### Task goal:
From the line below that contains "Option ℕ) → IsPlain policy" to the line that contains "requests → AreOptions (options_with lanes rounds)", repeat every line exactly, both ends included, and nothing else.
Records: Begin
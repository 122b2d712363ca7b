//! The forms of the usage are read.
//!
//! The functions do nothing; their contracts are the laws.
ghost use Rattle.std.specs.Prelude.{◌≡◌, ◌<◌, ◌≤◌, ◌^◌, ℕ, [], ◌∷◌, Option, None, Some, codes};
ghost use Rattle.std.specs.Fmt.{decimal};
ghost use Rattle.clap.specs.Words.{Text};
ghost use Rattle.command_words.specs.declared.command.TheConstants.{ABSENCE_LIMIT};
ghost use Rattle.command_words.specs.Laws.Words.{AreOptions, audit, cnf, command_of, plan};
ghost use Rattle.command_words.specs.Laws.Words.{resilience};
ghost use Rattle.command_words.specs.Laws.Words.{resume, serve, show, solve, trial};
ghost use Rattle.command_words.specs.Laws.Usage.{IsPlain, option_words, options_with};

/// The words of each command without options, in the form that a usage text shows, are read as that
/// command.
pub fn usage_is_read()
    ensures plan { (policy flow : Text) → IsPlain policy → IsPlain flow
        → command_of (codes "plan" ∷ policy ∷ flow ∷ []) ≡ Some (plan policy flow) }
    ensures show { (policy : Text) → IsPlain policy
        → command_of (codes "show" ∷ policy ∷ []) ≡ Some (show policy) }
    ensures solve { (policy : Text) → IsPlain policy
        → command_of (codes "solve" ∷ policy ∷ []) ≡ Some (solve policy) }
    ensures resilience { (policy flow : Text) (absences : ℕ) → IsPlain policy → IsPlain flow
        → absences ≤ ABSENCE_LIMIT
        → command_of (codes "resilience" ∷ policy ∷ flow ∷ decimal absences ∷ [])
        ≡ Some (resilience policy flow absences) }
    ensures cnf { (policy flow : Text) → IsPlain policy → IsPlain flow
        → command_of (codes "cnf" ∷ policy ∷ flow ∷ []) ≡ Some (cnf policy flow None) }
    ensures model { (policy flow file : Text) → IsPlain policy → IsPlain flow → IsPlain file
        → command_of (codes "cnf" ∷ policy ∷ flow ∷ file ∷ []) ≡ Some
        (cnf policy flow (Some file)) }
    ensures trial { (seed : ℕ) → seed < 2 ^ 64
        → command_of (codes "trial" ∷ decimal seed ∷ []) ≡ Some (trial seed) }
{}

/// The words of each command with options, in the form that a usage text shows, are read as that
/// command.
pub fn usage_with_options_is_read()
    ensures serve { (policy : Text) (lanes rounds : Option ℕ) → IsPlain policy
        → AreOptions (options_with lanes rounds)
        → command_of (codes "serve" ∷ policy ∷ option_words lanes rounds)
        ≡ Some (serve policy (options_with lanes rounds)) }
    ensures audit { (policy requests : Text) (lanes rounds : Option ℕ)
        → IsPlain policy → IsPlain requests → AreOptions (options_with lanes rounds)
        → command_of (codes "audit" ∷ policy ∷ requests ∷ option_words lanes rounds)
        ≡ Some (audit policy requests (options_with lanes rounds)) }
    ensures resume { (policy requests transcript : Text) (lanes rounds : Option ℕ)
        → IsPlain policy → IsPlain requests → IsPlain transcript
        → AreOptions (options_with lanes rounds)
        → command_of (codes "resume" ∷ policy ∷ requests ∷ transcript
        ∷ option_words lanes rounds)
        ≡ Some (resume policy requests transcript (options_with lanes rounds)) }
{}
Records: End
### Result of the exercise:
    ensures serve { (policy : Text) (lanes rounds : Option ℕ) → IsPlain policy
        → AreOptions (options_with lanes rounds)
        → command_of (codes "serve" ∷ policy ∷ option_words lanes rounds)
        ≡ Some (serve policy (options_with lanes rounds)) }
    ensures audit { (policy requests : Text) (lanes rounds : Option ℕ)
        → IsPlain policy → IsPlain requests → AreOptions (options_with lanes rounds)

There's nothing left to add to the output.